**TASK ITEM:** Starting at the line with "result ≡ shown_for" and going on through the line with "let text = crate::lines::put_entry_text(out, at, entry);", reproduce each line in the records below exactly and nothing more.

**SOURCE DATA:**
// Seconds of a sheet as times of day, in ephemeris time, universal time and UTC, and the line of an entry with them
// (docs/CLOCK.md). A `put_` function stores a text at a place of a buffer, as far as the buffer reaches, and gives
// the place after it (`decimals`).
mod scales;

ghost use Rattle.std.specs.Prelude.{◌≡◌, ◌++◌, ◌≤◌, pos, nat_abs, ◌+ℤ◌};
ghost use Rattle.rounding.specs.Near.{floor_z};
ghost use Rattle.sheet_format.specs.StoredSeconds.{second_of};
ghost use Rattle.decimal_text.specs.Texts.{letters, Put};
ghost use Rattle.listing_lines.specs.Lines.{text_of};
ghost use Rattle.listing_lines.specs.Times.{time_text};
ghost use Rattle.listing_lines.specs.Clock.{time_in, known, typed_name, name_of, date_text, instant_text, times_in, scale_text, scales_text, shown_for, behind, timed_text, tenths_text, altitude_text, timed_line};

use calendar::{Instant, Scale};
use sheet_format::kinds::{Entry, Kind};

// The scales in which times are printed.
#[derive(Clone, Copy)]
pub enum TimeScale {
    ET,
    UT,
    UTC,
}

// Stored seconds that are shown as times.
#[derive(Clone, Copy)]
pub enum Seconds {
    // to the nearest tenth
    Moment(u32),
    // from and to, outward
    Contact(u32, u32),
}

// What is printed of an altitude: nothing; or tenths of a degree above or below the horizon. Three answers to one
// question: an Option of two would ask twice.
#[derive(Clone, Copy)]
pub enum Altitude {
    Nothing,
    Above(u64),
    Below(u64),
}

// What follows an entry's text: nothing, the line of the instant, or times. Three answers to one question, as of an
// altitude.
#[derive(Clone, Copy)]
pub enum Shown {
    Nothing,
    InstantLine,
    Times(Seconds),
}

fn put_typed_name(out: &mut [u8], at: usize, scale: Scale) -> usize
    ensures { Put out.old at (typed_name scale) out.new result }
{
    match scale {
        Scale::Ephemeris => decimal_text::put_text(out, at, b"ET"),
        Scale::Universal => decimal_text::put_text(out, at, b"UT"),
    }
}

fn put_name(out: &mut [u8], at: usize, shown: TimeScale) -> usize
    ensures { Put out.old at (name_of shown) out.new result }
{
    match shown {
        TimeScale::ET => decimal_text::put_text(out, at, b"ET"),
        TimeScale::UT => decimal_text::put_text(out, at, b"UT"),
        TimeScale::UTC => decimal_text::put_text(out, at, b"UTC"),
    }
}

// `YYYY-MM-DD`
fn put_date(out: &mut [u8], at: usize, i: Instant) -> usize
    ensures { Put out.old at (date_text i) out.new result }
{
    let year = i.year;
    let month = i.month;
    let day = i.day;
    let century = crate::times_of_day::put_two(out, at, year / 100);
    let years = crate::times_of_day::put_two(out, century, year);
    let dash = decimal_text::put_byte(out, years, b'-');
    let months = crate::times_of_day::put_two(out, dash, month);
    let second = decimal_text::put_byte(out, months, b'-');
    crate::times_of_day::put_two(out, second, day)
}

// The instant as its line has it.
pub fn put_instant(out: &mut [u8], at: usize, i: Instant) -> usize
    ensures { Put out.old at (instant_text i) out.new result }
{
    let hundredths = i.hundredths;
    let scale = i.scale;
    let n = hundredths % 8_640_000;
    let date = put_date(out, at, i);
    let blank = decimal_text::put_byte(out, date, b' ');
    let seconds = crate::times_of_day::put_seconds(out, blank, n / 100);
    let point = decimal_text::put_byte(out, seconds, b'.');
    let decimals = crate::times_of_day::put_two(out, point, n);
    let last = decimal_text::put_byte(out, decimals, b' ');
    put_typed_name(out, last, scale)
}

// The time of a stored second, at the floor of its thousandths plus `more` over 100, after a blank.
fn put_second(
    out: &mut [u8],
    at: usize,
    shown: TimeScale,
    i: Instant,
    deltat: i64,
    stored: u32,
    more: i64,
) -> usize
    requires { (nat_abs deltat ≤ 20000) × (nat_abs more ≤ 99) }
    ensures { Put out.old at (letters " " ++ time_text (floor_z (time_in shown i deltat (second_of stored) +ℤ more) (pos 100))) out.new result }
{
    let n = scales::time_in(shown, i, deltat, stored);
    let blank = decimal_text::put_byte(out, at, b' ');
    crate::times_of_day::put_time(out, blank, n + more)
}

// The times of an entry in a scale: the earlier of a contact rounded down, the later up.
fn put_times(
    out: &mut [u8],
    at: usize,
    shown: TimeScale,
    i: Instant,
    deltat: i64,
    seconds: Seconds,
) -> usize
    requires { nat_abs deltat ≤ 20000 }
    ensures { Put out.old at (times_in shown i deltat seconds) out.new result }
{
    match seconds {
        Seconds::Moment(second) => put_second(out, at, shown, i, deltat, second, 50),
        Seconds::Contact(from, to) => {
            let next = put_second(out, at, shown, i, deltat, from, 0);
            put_second(out, next, shown, i, deltat, to, 99)
        }
    }
}

// The scale and the times in it, where it is shown.
fn put_scale(
    out: &mut [u8],
    at: usize,
    shown: TimeScale,
    i: Instant,
    deltat: i64,
    seconds: Seconds,
) -> usize
    requires { nat_abs deltat ≤ 20000 }
    ensures { Put out.old at (scale_text shown i deltat seconds) out.new result }
{
    let typed = i.scale;
    let offset = i.offset;
    if scales::shows(typed, shown, deltat, offset % 100) {
        let blank = decimal_text::put_byte(out, at, b' ');
        let name = put_name(out, blank, shown);
        return put_times(out, name, shown, i, deltat, seconds);
    }
    at
}

// All scales.
fn put_scales(out: &mut [u8], at: usize, i: Instant, deltat: i64, seconds: Seconds) -> usize
    requires { nat_abs deltat ≤ 20000 }
    ensures { Put out.old at (scales_text i deltat seconds) out.new result }
{
    let universal = put_scale(out, at, TimeScale::ET, i, deltat, seconds);
    let coordinated = put_scale(out, universal, TimeScale::UT, i, deltat, seconds);
    put_scale(out, coordinated, TimeScale::UTC, i, deltat, seconds)
}

// ---- the line of an entry

// The line of the instant, after that of the head.
fn put_instant_line(out: &mut [u8], at: usize, i: Instant) -> usize
    ensures { Put out.old at (letters "\ninstant " ++ instant_text i) out.new result }
{
    let next = decimal_text::put_text(out, at, b"\ninstant ");
    put_instant(out, next, i)
}

// What is shown of a kind with its first two fields. A new kind is an arm here and a row of `shown_for`.
pub fn shown_for(kind: Kind, a: u32, b: u32) -> Shown
    ensures { result ≡ shown_for kind a b }
{
    match kind {
        Kind::Head => Shown::InstantLine,
        Kind::Enter(_) => Shown::Times(Seconds::Contact(a, b)),
        Kind::Leave(_) => Shown::Times(Seconds::Contact(a, b)),
        Kind::Graze(_) => Shown::Times(Seconds::Contact(a, b)),
        Kind::Open(_) => Shown::Times(Seconds::Contact(a, b)),
        Kind::Closest => Shown::Times(Seconds::Moment(a)),
        Kind::Share => Shown::Nothing,
        Kind::End => Shown::Nothing,
    }
}

// What follows an entry's text.
fn put_behind(out: &mut [u8], at: usize, i: Instant, deltat: i64, entry: Entry) -> usize
    requires { nat_abs deltat ≤ 20000 }
    ensures { Put out.old at (behind i deltat entry) out.new result }
{
    let kind = entry.kind;
    let a = entry.a;
    let b = entry.b;
    let shown = shown_for(kind, a, b);
    match shown {
        Shown::Nothing => at,
        Shown::InstantLine => put_instant_line(out, at, i),
        Shown::Times(seconds) => put_scales(out, at, i, deltat, seconds),
    }
}

// An entry's text with an instant.
fn put_timed(out: &mut [u8], at: usize, entry: Entry, i: Instant, deltat: i64) -> usize
    ensures { Put out.old at (text_of entry ++ behind i (known deltat) entry) out.new result }
{
    let d = scales::known(deltat);
    let text = crate::lines::put_entry_text(out, at, entry);
    put_behind(out, text, i, d, entry)
}

// An entry's text, with its times where the reference is an instant.
fn put_times_of(
    out: &mut [u8],
    at: usize,
    entry: Entry,
    reference: Option<Instant>,
    deltat: i64,
) -> usize
    ensures { Put out.old at (timed_text reference deltat entry) out.new result }
{
    match reference {
        None => crate::lines::put_entry_text(out, at, entry),
        Some(i) => put_timed(out, at, entry, i, deltat),
    }
}

// ---- the altitude

// n tenths of a degree.
fn put_tenths(out: &mut [u8], at: usize, n: u64) -> usize
    ensures { Put out.old at (tenths_text n) out.new result }
{
    let point = decimal_text::put_number(out, at, n / 10);
    let tenth = decimal_text::put_byte(out, point, b'.');
    crate::times_of_day::put_digit(out, tenth, n)
}

// An altitude, where there is one.
fn put_altitude(out: &mut [u8], at: usize, altitude: Altitude) -> usize
    ensures { Put out.old at (altitude_text altitude) out.new result }
{
    match altitude {
        Altitude::Nothing => at,
        Altitude::Above(n) => {
            let next = decimal_text::put_text(out, at, b" alt ");
            put_tenths(out, next, n)
        }
        Altitude::Below(n) => {
            let next = decimal_text::put_text(out, at, b" alt -");
            let end = put_tenths(out, next, n);
            decimal_text::put_text(out, end, b" below the horizon")
        }
    }
}

// The line of an entry with its times and the altitude; `deltat` is the station's, in hundredths of a second. Any
// instant, any ΔT, any altitude.
pub fn put_entry(
    out: &mut [u8],
    at: usize,
    entry: Entry,
    reference: Option<Instant>,
    deltat: i64,
    altitude: Altitude,
) -> usize
    ensures { Put out.old at (timed_line reference deltat altitude entry) out.new result }
{
    let times = put_times_of(out, at, entry, reference, deltat);
    let seen = put_altitude(out, times, altitude);
    let kind = entry.kind;
    crate::lines::put_end(out, seen, kind)
}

**RESULT OF THIS EXERCISE:**
    ensures { result ≡ shown_for kind a b }
{
    match kind {
        Kind::Head => Shown::InstantLine,
        Kind::Enter(_) => Shown::Times(Seconds::Contact(a, b)),
        Kind::Leave(_) => Shown::Times(Seconds::Contact(a, b)),
        Kind::Graze(_) => Shown::Times(Seconds::Contact(a, b)),
        Kind::Open(_) => Shown::Times(Seconds::Contact(a, b)),
        Kind::Closest => Shown::Times(Seconds::Moment(a)),
        Kind::Share => Shown::Nothing,
        Kind::End => Shown::Nothing,
    }
}

// What follows an entry's text.
fn put_behind(out: &mut [u8], at: usize, i: Instant, deltat: i64, entry: Entry) -> usize
    requires { nat_abs deltat ≤ 20000 }
    ensures { Put out.old at (behind i deltat entry) out.new result }
{
    let kind = entry.kind;
    let a = entry.a;
    let b = entry.b;
    let shown = shown_for(kind, a, b);
    match shown {
        Shown::Nothing => at,
        Shown::InstantLine => put_instant_line(out, at, i),
        Shown::Times(seconds) => put_scales(out, at, i, deltat, seconds),
    }
}

// An entry's text with an instant.
fn put_timed(out: &mut [u8], at: usize, entry: Entry, i: Instant, deltat: i64) -> usize
    ensures { Put out.old at (text_of entry ++ behind i (known deltat) entry) out.new result }
{
    let d = scales::known(deltat);
    let text = crate::lines::put_entry_text(out, at, entry);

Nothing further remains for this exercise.